Objective: The present work aimed to formulate and optimize RTV-loaded SLNs using Box–Behnken design and evaluate the permeability coefficient using ex vivo permeation studies.

Methods: RTV-SLNs were prepared using the ultrasonication technique. The SLN formulation was optimized based on particle size, % entrapment efficiency, and % cumulative drug release using response surface methodology resulting from Box-Behnken design. The Fourier-Transform Infrared spectroscopy (FT-IR), Differential Scanning Calorimetry (DSC), and transmission Electron Microscopy (TEM) studies were carried out for the characterization of optimized SLN formulation. Ex vivo permeation studies were also performed using chicken ileum.

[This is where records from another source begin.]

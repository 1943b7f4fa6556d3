//! Builds the flow of functions of given sizes and asks it at each of their points, to be timed.
//!
//! Each line of standard input has three numbers: the blocks of a function, the instructions of each
//! block, and how many more names the first block defines and the last one uses. The function is a
//! chain of blocks in which each instruction adds the name before it and the name 0. The line that is
//! written has the three numbers and at how many points one of these two names is live.
#![tactic(auto)]

use ir_module::{
    Attrs, Block, Blocks, Function, Functions, Inst, InstKind, Insts, Locals, Module, Operand,
    Phis, Point, Term,
};
use ir_values::{BinOp, BlockId, Conv, Flags, FuncId, LocalId, Memory, Name, Seq, Ty, Width};
use name_flow::Flow;
use std::alloc::Global;
use std::io;

/// The name that instruction `i` of block `b` defines.
fn defined(n: u32, b: u32, i: u32) -> LocalId {
    LocalId(
        u64::from(b)
            .wrapping_mul(u64::from(n))
            .wrapping_add(u64::from(i))
            .wrapping_add(1),
    )
}

fn sum(n: u32, b: u32, i: u32) -> Inst {
    let flags = Flags {
        nuw: false,
        nsw: false,
        exact: false,
    };
    let name = defined(n, b, i);
    let before = Operand::Local(LocalId(name.0.saturating_sub(1)));
    Inst {
        result: Some(name),
        what: InstKind::Binary(
            BinOp::Add,
            flags,
            Ty::Int(Width::W64),
            before,
            Operand::Local(LocalId(0)),
        ),
    }
}

/// The sizes of a function: blocks, instructions of each, and names that live over all blocks.
#[derive(Clone, Copy)]
struct Sizes {
    blocks: u32,
    insts: u32,
    names: u32,
}

/// A name that the first block defines and the last one uses.
fn kept(i: u32) -> LocalId {
    LocalId(u64::from(i).wrapping_add(1 << 40))
}

/// Adds `names` instructions that define the kept names, or use them.
fn push_kept(insts: &mut Insts, names: u32, uses: bool) -> Result<(), Memory> {
    for i in 0..names {
        let mut inst = sum(0, 0, 0);
        if uses {
            inst.what = InstKind::Convert(
                Conv::ZExt,
                Ty::Int(Width::W32),
                Operand::Local(kept(i)),
                Ty::Int(Width::W64),
            );
        }
        inst.result = Some(if uses { LocalId(1 << 41) } else { kept(i) });
        insts.push(inst)?;
    }
    Ok(())
}

fn block(alloc: Global, sizes: Sizes, b: u32) -> Result<Block, Memory> {
    let mut insts = Insts::new(alloc);
    let last = b.saturating_add(1) == sizes.blocks;
    if b == 0 {
        push_kept(&mut insts, sizes.names, false)?;
    }
    for i in 0..sizes.insts {
        insts.push(sum(sizes.insts, b, i))?;
    }
    if last {
        push_kept(&mut insts, sizes.names, true)?;
    }
    Ok(Block {
        name: Name::Number(b),
        phis: Phis::new(alloc),
        insts,
        term: if last {
            Term::RetVoid
        } else {
            Term::Br(BlockId(b.saturating_add(1)))
        },
    })
}

fn blocks(alloc: Global, sizes: Sizes) -> Result<Blocks, Memory> {
    let mut blocks = Blocks::new(alloc);
    for b in 0..sizes.blocks {
        blocks.push(block(alloc, sizes, b)?)?;
    }
    Ok(blocks)
}

fn flow_of(alloc: Global, blocks: Blocks) -> Result<Flow, Memory> {
    let mut funcs = Functions::new(alloc);
    funcs.push(Function {
        name: Name::Number(0),
        ret: Ty::Void,
        params: 0,
        locals: Locals::new(alloc),
        attrs: Attrs::new(alloc),
        blocks: Some(blocks),
    })?;
    let module = Module {
        globals: Seq::new(alloc),
        funcs,
        flags: Seq::new(alloc),
    };
    Flow::build(alloc, &module, FuncId(0))
}

/// At how many points of block `b` the name 0 or the name before the block's own is live.
fn live_in_block(flow: &Flow, n: u32, b: u32) -> u64 {
    let mut live = 0u64;
    for i in 0..n {
        let p = Point {
            func: FuncId(0),
            block: BlockId(b),
            index: u64::from(i),
        };
        if flow.live_at(p, LocalId(0)) || flow.live_at(p, defined(n, b, 0)) {
            live = live.saturating_add(1);
        }
    }
    live
}

fn live_points(alloc: Global, sizes: Sizes) -> Result<u64, Memory> {
    let flow = flow_of(alloc, blocks(alloc, sizes)?)?;
    let mut live = 0u64;
    for b in 0..sizes.blocks {
        live = live.saturating_add(live_in_block(&flow, sizes.insts, b));
    }
    Ok(live)
}

fn parse_sizes(line: &str) -> Option<Sizes> {
    let (blocks, rest) = line.split_once(' ')?;
    let (insts, names) = rest.split_once(' ')?;
    Some(Sizes {
        blocks: blocks.parse::<u32>().ok()?,
        insts: insts.parse::<u32>().ok()?,
        names: names.parse::<u32>().ok()?,
    })
}

fn main(rt: HostRuntime) -> io::Result<()> {
    for line in rt.lines(rt.alloc()) {
        let line = line?;
        let line = line.as_str();
        let Some(sizes) = parse_sizes(line) else {
            println!(rt; "three numbers are wanted")?;
            continue;
        };
        match live_points(rt.alloc(), sizes) {
            Ok(live) => println!(rt; "{line} {live}")?,
            Err(Memory) => println!(rt; "out of memory")?,
        }
    }
    Ok(())
}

Results: The optimized RTV-SLNs had a particle size of 270.34 nm, polydispersity index of 0.157, and zeta potential of -25.2 mV. The % entrapment efficiency and % cumulative drug release were found to be 94.33% and 67.13%, respectively. The FT-IR study revealed that SLNs showed no significant interactions between the drug and lipid in the formulation. The % crystalline index of the RTV-loaded SLN formulation was found to be 44.31% compared to the reference value of 100% for lipids. TEM analysis showed spherical nanoparticles that were uniform in shape. The release kinetics data demonstrated the drug release behavior, followed by the Korsmeyer-Peppas model, and suggested that the release from SLNs followed the non-fiction diffusion. The permeability coefficient of optimized SLN formulation was found to be significantly (p < 0.05) more compared to free RTV suspension. The enhancement ratio results suggested that RTV-SLNs permeated significantly (p < 0.05) faster (approximately 3.5 times) as compared to free RTV suspension.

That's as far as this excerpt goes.